**What this task involves**
Determine how many lines of the entries contain "Wait". Reply with that number alone.

**Given data**
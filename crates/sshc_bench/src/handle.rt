//! A handle over a transport in memory: pings from one thread, or from eight.

use sshc_client::Error;
use sshc_handle::{Handle, HandleCalls};
use sshc_sample_fakes::{Host, Keeper, at_once, opened, run_beside};
use sshc_wire::Disconnect;
use std::sync::Wait;
use std::thread::Threads;
use std::time::Clock;

/// Sends so many pings, one after the other, and returns how many were answered.
fn pinged<R: Wait>(rt: &R, handle: &Handle<Keeper>, times: u64) -> u64 {
    let mut answered = 0u64;
    for _ in 0..times {
        if handle.send_ping(rt).is_ok() {
            answered = answered.saturating_add(1);
        }
    }
    answered
}

/// The same from two threads, each with half of them.
fn by_two<R: Threads + Wait + Sync>(rt: &R, handle: &Handle<Keeper>, times: u64) -> u64 {
    let (one, two) = at_once(
        rt,
        handle,
        |handle| pinged(rt, handle, times / 2),
        |handle| pinged(rt, handle, times / 2),
    );
    one.saturating_add(two)
}

fn by_four<R: Threads + Wait + Sync>(rt: &R, handle: &Handle<Keeper>, times: u64) -> u64 {
    let (one, two) = at_once(
        rt,
        handle,
        |handle| by_two(rt, handle, times / 2),
        |handle| by_two(rt, handle, times / 2),
    );
    one.saturating_add(two)
}

fn by_eight<R: Threads + Wait + Sync>(rt: &R, handle: &Handle<Keeper>, times: u64) -> u64 {
    let (one, two) = at_once(
        rt,
        handle,
        |handle| by_four(rt, handle, times / 2),
        |handle| by_four(rt, handle, times / 2),
    );
    one.saturating_add(two)
}

/// Pings from one thread or from eight, and leaves.
fn all_pinged<R: Threads + Wait + Sync>(
    rt: &R,
    handle: &Handle<Keeper>,
    is_eight: bool,
    times: u64,
) -> Result<u64, Error> {
    let answered = if is_eight {
        by_eight(rt, handle, times)
    } else {
        pinged(rt, handle, times)
    };
    handle.disconnect(rt, Disconnect::ByApplication, "", "")?;
    Ok(answered)
}

/// One run.
fn run<R: Threads + Wait + Sync + AllocGlobal + Clock>(
    rt: &R,
    is_eight: bool,
    times: u64,
) -> Result<u64, Error> {
    let alloc = rt.alloc();
    let (handle, runner) = opened(alloc, Host::new(alloc, 1))?;
    let (answered, _left) = run_beside(
        rt,
        &handle,
        runner,
        |handle| all_pinged(rt, handle, is_eight, times),
    );
    answered
}

/// The line of so many pings in all, from one thread or from eight.
pub fn line<R: Threads + Wait + Sync + AllocGlobal + Clock>(
    rt: &R,
    threads: u32,
    times: u32,
) -> anyhow::Result<String> {
    let answered = run(rt, threads == 8, u64::from(times))?;
    Ok(format!(in rt.alloc(); "{answered} answered")?)
}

**Output of the task**
8